(Stored data)
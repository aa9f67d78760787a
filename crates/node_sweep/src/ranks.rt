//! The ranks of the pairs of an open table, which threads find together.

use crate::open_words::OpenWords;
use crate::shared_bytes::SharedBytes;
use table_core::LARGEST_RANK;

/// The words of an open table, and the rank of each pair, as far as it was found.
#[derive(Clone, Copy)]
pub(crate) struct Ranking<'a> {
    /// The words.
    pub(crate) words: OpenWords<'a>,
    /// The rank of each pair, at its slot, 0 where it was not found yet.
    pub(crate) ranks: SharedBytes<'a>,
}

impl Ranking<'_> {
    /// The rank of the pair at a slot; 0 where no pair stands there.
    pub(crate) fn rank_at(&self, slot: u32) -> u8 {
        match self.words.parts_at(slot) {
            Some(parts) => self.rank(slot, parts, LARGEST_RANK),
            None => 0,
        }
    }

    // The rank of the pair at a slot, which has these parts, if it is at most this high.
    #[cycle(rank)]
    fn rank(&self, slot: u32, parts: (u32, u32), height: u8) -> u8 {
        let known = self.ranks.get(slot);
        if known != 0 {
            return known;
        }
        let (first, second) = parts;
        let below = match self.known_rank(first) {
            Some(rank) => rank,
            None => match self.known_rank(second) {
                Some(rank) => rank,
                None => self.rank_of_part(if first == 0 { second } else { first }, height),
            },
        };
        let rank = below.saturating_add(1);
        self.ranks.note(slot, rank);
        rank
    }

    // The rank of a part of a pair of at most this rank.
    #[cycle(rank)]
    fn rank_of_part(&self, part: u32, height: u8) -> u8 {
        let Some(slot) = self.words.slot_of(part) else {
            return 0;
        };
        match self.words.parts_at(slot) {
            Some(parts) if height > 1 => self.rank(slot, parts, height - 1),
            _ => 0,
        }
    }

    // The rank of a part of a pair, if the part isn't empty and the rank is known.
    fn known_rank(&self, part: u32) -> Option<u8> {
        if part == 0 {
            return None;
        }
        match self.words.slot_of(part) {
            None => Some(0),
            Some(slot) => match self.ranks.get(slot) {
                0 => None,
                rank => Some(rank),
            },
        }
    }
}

...

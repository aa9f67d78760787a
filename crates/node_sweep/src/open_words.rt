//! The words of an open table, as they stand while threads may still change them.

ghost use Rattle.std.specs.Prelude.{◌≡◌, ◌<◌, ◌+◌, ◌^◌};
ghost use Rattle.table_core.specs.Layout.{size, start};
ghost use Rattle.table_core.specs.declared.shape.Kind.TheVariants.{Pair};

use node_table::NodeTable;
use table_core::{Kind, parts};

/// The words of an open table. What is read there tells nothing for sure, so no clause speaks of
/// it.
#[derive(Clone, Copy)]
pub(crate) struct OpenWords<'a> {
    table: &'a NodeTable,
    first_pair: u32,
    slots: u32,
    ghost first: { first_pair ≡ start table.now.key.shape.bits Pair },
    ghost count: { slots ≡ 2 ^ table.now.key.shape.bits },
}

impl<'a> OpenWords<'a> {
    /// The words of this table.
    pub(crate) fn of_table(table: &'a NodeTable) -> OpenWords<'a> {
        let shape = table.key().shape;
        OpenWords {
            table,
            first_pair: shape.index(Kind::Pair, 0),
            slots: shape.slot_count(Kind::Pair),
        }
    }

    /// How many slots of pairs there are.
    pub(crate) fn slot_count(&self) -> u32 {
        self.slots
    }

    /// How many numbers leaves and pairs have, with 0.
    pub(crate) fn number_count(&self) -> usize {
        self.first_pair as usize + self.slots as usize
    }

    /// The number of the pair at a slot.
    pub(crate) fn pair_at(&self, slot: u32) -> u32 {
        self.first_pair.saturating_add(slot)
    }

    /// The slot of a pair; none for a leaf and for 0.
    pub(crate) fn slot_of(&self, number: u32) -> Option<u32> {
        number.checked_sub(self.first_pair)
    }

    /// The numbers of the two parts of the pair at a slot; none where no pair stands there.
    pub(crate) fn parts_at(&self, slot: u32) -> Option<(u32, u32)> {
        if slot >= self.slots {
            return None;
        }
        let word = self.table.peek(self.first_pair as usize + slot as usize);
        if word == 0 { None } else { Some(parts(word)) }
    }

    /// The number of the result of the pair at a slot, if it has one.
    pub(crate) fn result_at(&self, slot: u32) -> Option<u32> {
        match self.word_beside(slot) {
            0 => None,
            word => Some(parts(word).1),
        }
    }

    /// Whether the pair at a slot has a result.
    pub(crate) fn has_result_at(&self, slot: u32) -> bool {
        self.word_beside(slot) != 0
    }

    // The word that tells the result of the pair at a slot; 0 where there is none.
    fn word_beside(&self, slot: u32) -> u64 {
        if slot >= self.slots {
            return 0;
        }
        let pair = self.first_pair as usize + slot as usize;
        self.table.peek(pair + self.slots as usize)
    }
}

==

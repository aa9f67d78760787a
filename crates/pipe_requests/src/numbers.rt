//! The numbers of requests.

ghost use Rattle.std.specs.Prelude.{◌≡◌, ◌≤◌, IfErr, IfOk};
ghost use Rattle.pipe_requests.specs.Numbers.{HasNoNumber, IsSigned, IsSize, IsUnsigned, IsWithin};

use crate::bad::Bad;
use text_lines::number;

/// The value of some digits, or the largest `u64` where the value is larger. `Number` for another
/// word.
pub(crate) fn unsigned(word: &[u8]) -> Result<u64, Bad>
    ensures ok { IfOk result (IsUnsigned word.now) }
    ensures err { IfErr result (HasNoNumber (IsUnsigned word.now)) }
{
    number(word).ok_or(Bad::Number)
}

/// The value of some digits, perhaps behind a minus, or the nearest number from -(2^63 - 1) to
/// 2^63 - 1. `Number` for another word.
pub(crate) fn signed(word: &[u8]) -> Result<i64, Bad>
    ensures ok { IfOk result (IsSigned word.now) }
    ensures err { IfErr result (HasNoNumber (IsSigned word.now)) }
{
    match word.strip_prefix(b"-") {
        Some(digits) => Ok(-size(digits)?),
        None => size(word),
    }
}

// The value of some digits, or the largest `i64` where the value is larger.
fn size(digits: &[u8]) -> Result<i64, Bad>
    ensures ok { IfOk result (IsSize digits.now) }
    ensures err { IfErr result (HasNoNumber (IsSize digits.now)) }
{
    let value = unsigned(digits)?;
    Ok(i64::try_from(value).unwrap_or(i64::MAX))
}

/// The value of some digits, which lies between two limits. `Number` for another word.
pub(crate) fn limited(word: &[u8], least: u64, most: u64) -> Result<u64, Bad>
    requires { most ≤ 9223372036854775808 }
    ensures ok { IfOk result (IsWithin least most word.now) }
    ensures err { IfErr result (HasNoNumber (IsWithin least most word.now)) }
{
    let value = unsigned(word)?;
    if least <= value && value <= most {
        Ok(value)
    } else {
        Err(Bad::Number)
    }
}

- What this task involves -
Report each line above that includes the string "ghost".

- Result of this exercise -
ghost use Rattle.std.specs.Prelude.{◌≡◌, ◌<◌, ◌+◌, ◌^◌};
ghost use Rattle.table_core.specs.Layout.{size, start};
ghost use Rattle.table_core.specs.declared.shape.Kind.TheVariants.{Pair};
    ghost first: { first_pair ≡ start table.now.key.shape.bits Pair },
    ghost count: { slots ≡ 2 ^ table.now.key.shape.bits },
ghost use Rattle.std.specs.Prelude.{◌≡◌, ◌≤◌, IfErr, IfOk};
ghost use Rattle.pipe_requests.specs.Numbers.{HasNoNumber, IsSigned, IsSize, IsUnsigned, IsWithin};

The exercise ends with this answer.